Chemistry at Illinois University of Illinois at Urbana-Champaign

The Department of Chemistry at the University of Illinois

Ludwig Frederick Audrieth (1907 - 1967)

Ludwig Frederick AudriethLou Audrieth was born in Vienna, Austria, and became an American citizen in 1912. He was educated at Colgate and Cornell, taking a PhD from the latter in 1926 and remaining there as a fellow for two years. He worked with A. W. Browne during both his doctoral and post-doctoral studies. It was during this time that his interest in the study of nitrogen chemistry and non-aqueous solvent reactions began. He joined the Illinois faculty in 1928. He began studying the chemistry of nitrogen-phosphorus compounds and of sulfamic acid, sulfamide, and their derivatives, leading in 1939 to the discovery, with Michael Sveda, of the artificial sweetener, sodium cyclamate. Sucaryl, the sodium salt of cyclohexylsulfamic acid, was placed on the market in 1950 as a non-caloric sweetener. In the 1950’s, he developed currently used methods for the production of hydrazine, which he had as early as 1938 recognized as potentially valuable as high-energy fuels. Audrieth investigated the chemistry of rocket fuels, holding fifteen patents dealing primarily with rocket propellants and explosives. He became an innovator of chemistry in non-aqueous solvents.

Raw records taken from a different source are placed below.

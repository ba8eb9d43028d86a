//! A program's run alone on trial: its jobs, one attempt after the other.
ghost use Rattle.std.specs.Prelude.{◌≡◌, ℕ, suc, ◌+◌, ◌-◌, ◌*◌, ◌^◌, ◌<◌, ◌≤◌, IfSome, IfNone, OnOk, IfErr};
ghost use Rattle.rt_history.specs.Program.{Program, Origin, loaded};
ghost use Rattle.rt_certify.specs.Opened.{most_ticks};
ghost use Rattle.rt_certify.specs.Working.Step.{IsStep};

use crate::certificate::{
    Certificate, Extremes, JobAt, Limits, NotCertified, PlacedCertificate, Reason,
};
use rt_history::AttemptOutcome;

/// How far a program has come, and what its finished jobs took.
#[derive(Clone, Copy)]
pub(crate) struct Trial {
    limits: Limits,
    /// How many jobs are finished.
    jobs: u64,
    /// The tick at which the open one was released.
    release: u64,
    /// How many attempts the open one has.
    ticks: u64,
    longest: u64,
    distance: Option<u64>,
    extremes: Extremes,
    ghost few: { ticks ≤ most_ticks limits },
    ghost small: { most_ticks limits + 1 < 2 ^ 64 },
}

/// Why a trial goes no further.
#[derive(Clone, Copy)]
pub(crate) enum Stop {
    /// The program has ended.
    Ended(PlacedCertificate),
    /// It isn't certified.
    Refused(NotCertified),
}

/// What an attempt is to its job.
#[derive(Clone, Copy)]
enum Step {
    /// The job goes on.
    Stays,
    /// It is finished by a sleep until this tick.
    Sleeps(u64),
    /// It is finished by an end.
    Ends,
    /// It is given up.
    Breaks(Reason),
}

/// What an attempt that comes out so is to its job.
fn step_of(outcome: AttemptOutcome) -> Step
    ensures { IsStep outcome result }
{
    match outcome {
        AttemptOutcome::Next | AttemptOutcome::Write(_) | AttemptOutcome::WriteRefused => {
            Step::Stays
        }
        AttemptOutcome::Sleep(tick) => Step::Sleeps(tick),
        AttemptOutcome::End => Step::Ends,
        AttemptOutcome::Yield => Step::Breaks(Reason::Yields),
        AttemptOutcome::Now(_) => Step::Breaks(Reason::Asks),
        AttemptOutcome::Reserve(_) | AttemptOutcome::ReserveRefused => Step::Breaks(Reason::Asks),
        AttemptOutcome::Fault(fault) => Step::Breaks(Reason::Faults(fault)),
    }
}

impl Trial {
    ghost use Rattle.rt_certify.specs.Extremes.{IsPlacedCertificate};
    ghost use Rattle.rt_certify.specs.Refused.{IsRefused};
    ghost use Rattle.rt_certify.specs.Working.Trying.{progress, done, slept, Stands, IsTold, ArePlainAttempts, IsStop, EndsBy, open_job};

    /// Before the first attempt of a program that starts at this tick.
    pub(crate) fn begin(start: u32, limits: Limits) -> Trial
        ensures limits { result.limits ≡ limits }
        ensures jobs { result.jobs ≡ 0 }
        ensures stands { (o : Origin) → Stands o start limits 0 (loaded o) (progress result) }
    {
        Trial {
            limits,
            jobs: 0,
            release: u64::from(start),
            ticks: 0,
            longest: 0,
            distance: None,
            extremes: Extremes {
                longest: None,
                distance: None,
            },
        }
    }

    /// How many jobs are finished.
    pub(crate) fn jobs(&self) -> u64
        ensures { result ≡ self.now.jobs }
    {
        self.jobs
    }

    /// How many attempts the open job may still have.
    pub(crate) fn left(&self) -> u64
        ensures { result ≡ most_ticks self.now.limits - self.now.ticks }
    {
        self.limits.most_ticks() - self.ticks
    }

    /// What is reported of the finished jobs where the next one is released at this tick, or where there is none.
    fn certificate(&self, next: Option<u64>) -> PlacedCertificate
        ensures { result ≡ record { certificate = record { jobs = self.now.jobs; longest = self.now.longest; distance = self.now.distance; next = next }; extremes = self.now.extremes } }
    {
        let certificate = Certificate {
            jobs: self.jobs,
            longest: self.longest,
            distance: self.distance,
            next,
        };
        PlacedCertificate {
            certificate,
            extremes: self.extremes,
        }
    }

    /// What is reported of the finished jobs while the next one is open.
    pub(crate) fn so_far(&self) -> PlacedCertificate
        ensures jobs { result.certificate.jobs ≡ self.now.jobs }
        ensures is { (o : Origin) (start k : ℕ) (x : Program) → Stands o start self.now.limits k x (progress self.now) →
            IsPlacedCertificate o start self.now.limits k result }
    {
        self.certificate(Some(self.release))
    }

    /// What is reported where the next attempt, at `pc`, is wrong.
    fn refused(&self, pc: u32, reason: Reason) -> NotCertified
        ensures { result ≡ record { job = self.now.jobs; pc = pc; reason = reason } }
    {
        NotCertified {
            job: self.jobs,
            pc,
            reason,
        }
    }

    /// What is reported where the budget is spent, and the next attempt, at `pc`, would be of the same job.
    pub(crate) fn over_budget(&self, pc: u32) -> NotCertified
        requires { most_ticks self.now.limits ≤ self.now.ticks }
        ensures { (o : Origin) (start k : ℕ) (x : Program) → Stands o start self.now.limits k x (progress self.now) → x.state.pc ≡ pc →
            IsRefused o start self.now.limits k result }
    {
        self.refused(
            pc,
            Reason::OverBudget {
                release: self.release,
                ticks: self.ticks + 1,
            },
        )
    }

    /// Adds `n` attempts that carry out an instruction and are no calls.
    pub(crate) fn add_plain(&mut self, n: u64)
        requires { self.old.ticks + n ≤ most_ticks self.old.limits }
        ensures limits { self.new.limits ≡ self.old.limits }
        ensures jobs { self.new.jobs ≡ self.old.jobs }
        ensures ticks { self.new.ticks ≡ self.old.ticks + n }
        ensures stands { (o : Origin) (start k : ℕ) (x y : Program) → Stands o start self.old.limits k x (progress self.old) → ArePlainAttempts n x y →
            Stands o start self.old.limits (k + n) y (progress self.new) }
    {
        self.ticks += n;
    }

    /// Adds the attempt at `pc` that comes out so.
    ///
    /// # Errors
    ///
    /// It is an end, or it is wrong: a yield, a fault, a call for an answer, or a sleep that is too soon.
    pub(crate) fn add(&mut self, pc: u32, outcome: AttemptOutcome) -> Result<(), Stop>
        requires some { self.old.ticks < most_ticks self.old.limits }
        requires room { self.old.jobs + 1 < 2 ^ 64 }
        ensures limits { self.new.limits ≡ self.old.limits }
        ensures jobs { self.new.jobs ≤ self.old.jobs + 1 }
        ensures stands { OnOk result ((o : Origin) (start k : ℕ) (x y : Program) → Stands o start self.old.limits k x (progress self.old) → IsTold x outcome y →
            Stands o start self.old.limits (suc k) y (progress self.new)) }
        ensures ended { IfErr result (EndsBy (self.old.jobs + 1)) }
        ensures stops { IfErr result (λ stop. (o : Origin) (start k : ℕ) (x y : Program) → Stands o start self.old.limits k x (progress self.old) → IsTold x outcome y →
            x.state.pc ≡ pc → IsStop o start self.old.limits k stop) }
    {
        match step_of(outcome) {
            Step::Stays => {
                self.ticks += 1;
                Ok(())
            }
            Step::Sleeps(tick) => self.sleep(pc, tick),
            Step::Ends => Err(Stop::Ended(self.end())),
            Step::Breaks(reason) => Err(Stop::Refused(self.refused(pc, reason))),
        }
    }

    /// The distance from the release of the open job to this tick; none where it is less than so many periods.
    fn distance_to(&self, tick: u64, periods: u64) -> Option<u64>
        requires { periods ≤ self.now.limits.periods }
        ensures far { IfSome result (λ d. (periods * self.now.limits.period ≤ d) × (self.now.release + d ≡ tick)) }
        ensures soon { IfNone result (tick < self.now.release + periods * self.now.limits.period) }
    {
        let distance = tick.checked_sub(self.release)?;
        if distance < self.limits.distance_of(periods) {
            None
        } else {
            Some(distance)
        }
    }

    /// The open job.
    fn open_job(&self) -> JobAt
        ensures { result ≡ open_job (progress self.now) }
    {
        let job = self.jobs;
        let release = self.release;
        JobAt { job, release }
    }

    /// The open job is finished by one attempt more.
    fn finish(&mut self)
        requires some { self.old.ticks < most_ticks self.old.limits }
        requires room { self.old.jobs + 1 < 2 ^ 64 }
        ensures limits { self.new.limits ≡ self.old.limits }
        ensures done { progress self.new ≡ done (progress self.old) }
    {
        let ticks = self.ticks + 1;
        if ticks > self.longest {
            self.longest = ticks;
            self.extremes.longest = Some(self.open_job());
        }
        self.jobs += 1;
        self.ticks = 0;
    }

    /// The open job is finished by a sleep until this tick, so far from its release, at which the next one is released.
    fn release_next(&mut self, tick: u64, distance: u64)
        requires some { self.old.ticks < most_ticks self.old.limits }
        requires room { self.old.jobs + 1 < 2 ^ 64 }
        ensures limits { self.new.limits ≡ self.old.limits }
        ensures slept { progress self.new ≡ slept tick distance (progress self.old) }
    {
        let is_closer = match self.distance {
            Some(least) => distance < least,
            None => true,
        };
        if is_closer {
            self.distance = Some(distance);
            self.extremes.distance = Some(self.open_job());
        }
        self.finish();
        self.release = tick;
    }

    /// The attempt at `pc` is a sleep until this tick.
    fn sleep(&mut self, pc: u32, tick: u64) -> Result<(), Stop>
        requires some { self.old.ticks < most_ticks self.old.limits }
        requires room { self.old.jobs + 1 < 2 ^ 64 }
        ensures limits { self.new.limits ≡ self.old.limits }
        ensures jobs { self.new.jobs ≤ self.old.jobs + 1 }
        ensures stands { OnOk result ((o : Origin) (start k : ℕ) (x y : Program) → Stands o start self.old.limits k x (progress self.old) →
            IsTold x (AttemptOutcome.Sleep tick) y → Stands o start self.old.limits (suc k) y (progress self.new)) }
        ensures ended { IfErr result (EndsBy (self.old.jobs + 1)) }
        ensures stops { IfErr result (λ stop. (o : Origin) (start k : ℕ) (x y : Program) → Stands o start self.old.limits k x (progress self.old) →
            IsTold x (AttemptOutcome.Sleep tick) y → x.state.pc ≡ pc → IsStop o start self.old.limits k stop) }
    {
        let periods = self.limits.periods_of(self.ticks + 1);
        match self.distance_to(tick, periods) {
            Some(distance) => {
                self.release_next(tick, distance);
                Ok(())
            }
            None => {
                let reason = Reason::TooSoon {
                    release: self.release,
                    sleep: tick,
                    periods: self.limits.reported_periods(periods),
                };
                Err(Stop::Refused(self.refused(pc, reason)))
            }
        }
    }

    /// The program ends with the open job. What is reported of its jobs.
    fn end(&mut self) -> PlacedCertificate
        requires some { self.old.ticks < most_ticks self.old.limits }
        requires room { self.old.jobs + 1 < 2 ^ 64 }
        ensures limits { self.new.limits ≡ self.old.limits }
        ensures jobs { self.new.jobs ≤ self.old.jobs + 1 }
        ensures ended { EndsBy (self.old.jobs + 1) (Stop.Ended result) }
        ensures is { (o : Origin) (start k : ℕ) (x y : Program) → Stands o start self.old.limits k x (progress self.old) → IsTold x AttemptOutcome.End y →
            IsPlacedCertificate o start self.old.limits k result }
    {
        self.finish();
        self.certificate(None)
    }
}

He was one of the founders of and most prolific contributors to the Inorganic Syntheses series and a member of the Board of Editors from 1934-1967. He was the co-author with B. A. Ogg of The Chemistry of Hydrazine (1950) and with Jacob Kleinberg of Non-Aqueous Solvents: Applications as Media for Chemical Reactions (1953). He went on leave from Illinois in 1959 to serve at the American Embassy in Bonn, Germany, as scientific attaché. In 1963 he became a visiting professor of science affairs at the Foreign Service Institute of the Department of State in Washington, DC. He was awarded the Prechtly Medal in Vienna in 1965 for his work in promoting closer relationships between American and Austrian science.

1. J. Inorg. Nucl. Chem. 1973, 35, 1757-1768.
2. Chem. Eng. News 1967, 45(7), 85.
3. World Who's Who in Science; Debus, A. G., Ed.; Marquis-Who's Who Inc.: 1968; p75.